Mirror of Justice

A blog dedicated to the development of Catholic legal theory.
Affiliated with the Program on Church, State & Society at Notre Dame Law School.

Monday, June 16, 2008

The Ambiguity of Gentrification

There was an interesting story in Friday's NY Times concerning gentrification in Harlem.  The whole article was worth reading, but I was struck by this passage:   

While welcoming safer, cleaner streets, longtime residents have found themselves juggling conflicting emotions. And those who enjoyed a measure of stability in the old Harlem now long for the past — not necessarily because it was better but because it was what they knew.

“The majority of the stores, the 99-cent stores, they’re gone,” said Gwen Walker, 55, a longtime resident of the General Grant Houses in West Harlem, giving one view. “The Laundromat on the corner is gone. The bodegas are gone. There’s large delis now. What had been two for $1 is now one for $3. My neighbor is a beer drinker, and he drinks inexpensive beer, Old English or Colt 45 or Coors — you can’t even buy that in the stores. The stores have imported beers from Germany. The foods being sold — feta cheese instead of sharp Cheddar cheese. That’s a whole other world.”

Gentrification, it turns out, can have an odd psychological effect on those it occurs around. No one — almost no one — is wishing for a return of row upon row of boarded-up buildings or the summer mornings when lifeless bodies turned up in vestibules, or the evenings when every block seemed to have its own band of drug dealers and subordinate crackheads.  But residents say they do miss having a neighborhood with familiar faces to greet, familiar foods to eat, and no fear of being forced out of their homes.

    In one of my current writing projects, Land Virtues, I discuss some of the problems with the Demsetzian conception of land-ownership.  In Demsetz's words:  "[i]f a single person owns land, he will attempt to maximize its present value by taking into account alternative future time streams of benefits and costs and selecting the one which he believes will maximize the present value of his privately-owned land rights."

        One of the problems with this view of the dynamics of land-ownership is that, for most owners, land is not merely an investment.  Consider the largest group of landowners in the United States: homeowners.  Homeownership certainly is an investment, and homeowners are acutely interested in the performance of this investment.  But the home is also the means by which owners obtain a number of nonfungible (and often social) goods that homeownership makes available to them.  When the value of a home increases in ways that diverge from the home's ability to generate these nonfungible goods, homeowner behavior becomes particularly hard to interpret without departing from the Demsetzian framework.   One place we see this happen over and over again is in the gentrifying neighborhood.

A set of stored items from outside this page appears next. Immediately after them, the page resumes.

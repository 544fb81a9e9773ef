//! How far the clocks of systems are apart within chains of messages.
//!
//! A chain ends with an observation message whose multiple-message bit is 0. If this message is missing, the chain is
//! dropped before the first message that tells another time of day than one of its system in the chain. Its clock is that
//! of its first message of GPS; if there is none, of Galileo, QZSS, SBAS or NavIC. A 1012 tells no day, so its clock is
//! compared within half a day. A leap second comes between two days of UTC, so clocks of GLONASS are counted by these days
//! too.

ghost use Rattle.std.specs.Prelude.{◌≡◌, ◌<◌, ◌≤◌, length, drop, IfSome, OnOk};
ghost use Rattle.rtk_survey.specs.Chains as spec;

use crate::beside_gps::told_time;
use crate::telling::{DAY_MS, HALF_DAY_MS};
use arrayvec::ArrayVec;
use rtk_message::{AnyMessage, Message, System};
use rtk_obs::WEEK_MS;
use std::alloc::AllocError;

/// How many clocks of a chain are kept. Others are passed over.
const MOST_WAITING: usize = 32;

/// How many offsets of a system that differ are kept.
const MOST_OFFSETS: usize = 8;

/// How many offsets of GLONASS are kept that differ or are of days that differ.
const MOST_DAY_OFFSETS: usize = 16;

/// A clock of GLONASS has the day (DF416) before 27 bits of the time of day (DF034).
const TIME_OF_DAY: u32 = 1 << 27;

/// A day (DF416) that is unknown.
const UNKNOWN_DAY: u32 = 7;

/// The clock of a message.
#[derive(Clone, Copy, Debug, PartialEq, Eq)]
pub struct ClockTold {
    pub system: System,
    /// The time of week, as `told_time` has it.
    pub time: u32,
    /// Is its day known?
    pub has_day: bool,
}

// A list that has room for such clocks is filled with it.
impl Default for ClockTold {
    fn default() -> ClockTold {
        ClockTold {
            system: System::Gps,
            time: 0,
            has_day: true,
        }
    }
}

Where property values increase for reasons that may undermine the ability of a property to provide its long-term owners with the communal goods that come from owning a home in a particular neighborhood, an approach that narrowly focuses on land values will predictably fail to grasp the complexity of the situation. 

Besides gentrification's obvious impact on low-income renters (e.g., the fear of being pushed out of their homes, which as referenced in NY Times story above), its controversial status derives in part from the fact that increased property values are typically accompanied by changes in neighborhood character (for better and for worse), by higher costs of living for longtime community residents (including homeowners, many of whom have low incomes), and by the fact that these higher costs may or may not be offset by improvements in the original residents’ perceived quality of life.  Many of these changes hit homeowners and renters alike, and the fact that owners (like renters) value at least some of the prior neighborhood traits for their own sake makes their relationship with land values far more complicated than the Demsetzian theory allows.

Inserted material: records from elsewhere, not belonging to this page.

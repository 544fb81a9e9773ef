//! The messages that tell a date: 1013, 1029, 1019, 1042, 1045 and 1046.
//!
//! Of these messages only the fields that tell a date are read, and the counts that say how long the
//! message is.

ghost use Rattle.std.specs.Prelude.{◌≡◌, ◌≤◌, length, drop};
ghost use Rattle.rtk_bits.specs.Bits.{bits};
ghost use Rattle.rtk_survey.specs.DateMessages.{utc_at, size_of_1013, size_of_1029, ephemeris_at, beidou_week_at, galileo_week_at, if_whole, date_in};
ghost use Rattle.rtk_survey.specs.declared.date_message.DateMessage.TheVariants.{Utc, Ephemeris, OtherEphemeris};

use crate::system_message::{SystemWeek, beidou_week, bit_count, galileo_week};
use rtk_bits::BitReader;

/// A day and a second of the day (UTC), as a 1013 or a 1029 has them. They may be no date.
#[derive(Clone, Copy, Debug, Default, PartialEq, Eq)]
pub struct UtcDate {
    /// Message number (DF002): 1013 or 1029.
    pub number: u16,
    /// Reference station ID (DF003), 0 to 4095.
    pub station: u16,
    /// Modified Julian Day (DF051).
    pub day: u16,
    /// Second of the day (DF052).
    pub second: u32,
}

/// The week and the reference time of a satellite's ephemeris, as a 1019 has them.
#[derive(Clone, Copy, Debug, Default, PartialEq, Eq)]
pub struct EphemerisDate {
    /// Satellite ID (DF009).
    pub satellite: u8,
    /// Week modulo 1,024 (DF076).
    pub week: u16,
    /// Reference time of the ephemeris (DF093), in s of the week.
    pub reference_time_s: u32,
}

/// What a message tells that has a date.
#[derive(Clone, Copy, Debug, PartialEq, Eq)]
pub enum DateMessage {
    /// A 1013 or a 1029.
    Utc(UtcDate),
    /// A 1019.
    Ephemeris(EphemerisDate),
    /// A 1042, 1045 or 1046: the ephemeris of a satellite of BeiDou or Galileo.
    OtherEphemeris(SystemWeek),
}

// A list that has room for such messages is filled with it.
impl Default for DateMessage {
    fn default() -> DateMessage {
        DateMessage::Utc(UtcDate::default())
    }
}

// The date in the first 57 bits.
fn next_utc(reader: &mut BitReader<'_>, number: u16) -> UtcDate
    requires { 57 ≤ length reader.old }
    ensures date { result ≡ utc_at number reader.old }
    ensures rest { reader.new ≡ drop 57 reader.old }
{
    let _number = reader.next_u(12);
    let station = reader.next_u(12) as u16;
    let day = reader.next_u(16) as u16;
    let second = reader.next_u(17) as u32;
    UtcDate {
        number,
        station,
        day,
        second,
    }
}

fn read_1013(payload: &[u8]) -> Option<DateMessage>
    ensures { result ≡ if_whole (size_of_1013 (bits payload.now)) (bits payload.now) (Utc (utc_at 1013 (bits payload.now))) }
{
    let mut reader = BitReader::new(payload);
    let size = reader.remaining();
    if size < 70 {
        return None;
    }
    let date = next_utc(&mut reader, 1013);
    let announced = reader.next_u(5);
    if size < 70 + 29 * u128::from(announced) {
        return None;
    }
    Some(DateMessage::Utc(date))
}

fn read_1029(payload: &[u8]) -> Option<DateMessage>
    ensures { result ≡ if_whole (size_of_1029 (bits payload.now)) (bits payload.now) (Utc (utc_at 1029 (bits payload.now))) }
{
    let mut reader = BitReader::new(payload);
    let size = reader.remaining();
    if size < 72 {
        return None;
    }
    let date = next_utc(&mut reader, 1029);
    let _characters = reader.next_u(7);
    let code_units = reader.next_u(8);
    if size < 72 + 8 * u128::from(code_units) {
        return None;
    }
    Some(DateMessage::Utc(date))
}

// Passes the 260 bits of a 1019 from its week to its reference time.
fn pass_to_reference_time(reader: &mut BitReader<'_>)
    requires { 260 ≤ length reader.old }
    ensures { reader.new ≡ drop 260 reader.old }
{
    let _passed = reader.next_u(64);
    let _passed = reader.next_u(64);
    let _passed = reader.next_u(64);
    let _passed = reader.next_u(64);
    let _passed = reader.next_u(4);
}

fn read_1019(payload: &[u8]) -> Option<DateMessage>
    ensures { result ≡ if_whole 488 (bits payload.now) (Ephemeris (ephemeris_at (bits payload.now))) }
{
    let mut reader = BitReader::new(payload);
    if reader.remaining() < 488 {
        return None;
    }
    let _number = reader.next_u(12);
    let satellite = reader.next_u(6) as u8;
    let week = reader.next_u(10) as u16;
    pass_to_reference_time(&mut reader);
    let reference_time_s = 16 * reader.next_u(16) as u32;
    Some(DateMessage::Ephemeris(EphemerisDate {
        satellite,
        week,
        reference_time_s,
    }))
}

fn read_1042(payload: &[u8]) -> Option<DateMessage>
    ensures { result ≡ if_whole 511 (bits payload.now) (OtherEphemeris (beidou_week_at (bits payload.now))) }
{
    if bit_count(payload) < 511 {
        return None;
    }
    Some(DateMessage::OtherEphemeris(beidou_week(payload)))
}

fn read_1045(payload: &[u8]) -> Option<DateMessage>
    ensures { result ≡ if_whole 496 (bits payload.now) (OtherEphemeris (galileo_week_at 1045 (bits payload.now))) }
{
    if bit_count(payload) < 496 {
        return None;
    }
    Some(DateMessage::OtherEphemeris(galileo_week(payload, 1045)))
}

fn read_1046(payload: &[u8]) -> Option<DateMessage>
    ensures { result ≡ if_whole 504 (bits payload.now) (OtherEphemeris (galileo_week_at 1046 (bits payload.now))) }
{
    if bit_count(payload) < 504 {
        return None;
    }
    Some(DateMessage::OtherEphemeris(galileo_week(payload, 1046)))
}

/// The message that tells a date, if the payload begins with one. A message with fewer bits than its
/// counts ask for is none. Bits after the last field are not part of the message.
pub fn date_in(payload: &[u8]) -> Option<DateMessage>
    ensures { result ≡ date_in (bits payload.now) }
{
    let mut reader = BitReader::new(payload);
    match reader.take_u(12)? {
        1013 => read_1013(payload),
        1029 => read_1029(payload),
        1019 => read_1019(payload),
        1042 => read_1042(payload),
        1045 => read_1045(payload),
        1046 => read_1046(payload),
        _ => None,
    }
}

The New York Times article hits on several of these forces -- the cultural shift in the sorts of foods (and other products) being served and sold in local stores and restaurants.  These are the sorts of concrete dimensions of the day-to-day experience of a neighborhood that people aggregate under the rubric of neighborhood "character."  The Demsetzian theory, which predicts that owners will reflexively welcome (even seek out) increases in their land values, struggles to explain the ambivalence that many people, including owners, feel towards these sorts of shifts.   The elderly in particular are likely to value neighborhood stability over increases in the value of a home they may hope never to have to sell, and it is (I think) for this reason that the elderly are so prominently represented among holdouts in land assembly situations.

Numerous social scientists studying gentrifying neighborhoods have commented on the ambiguous significance of increasing property values in this particular context, even for homeowners.  Whatever the ultimate merits of gentrification in any given instance, the methodology of the narrow investment conception of landownership, focused as it is on the bottom line, completely misses the complexity of this story.  Instead, it reduces the analysis of neighborhood transformation into a simple tallying of property values before and after.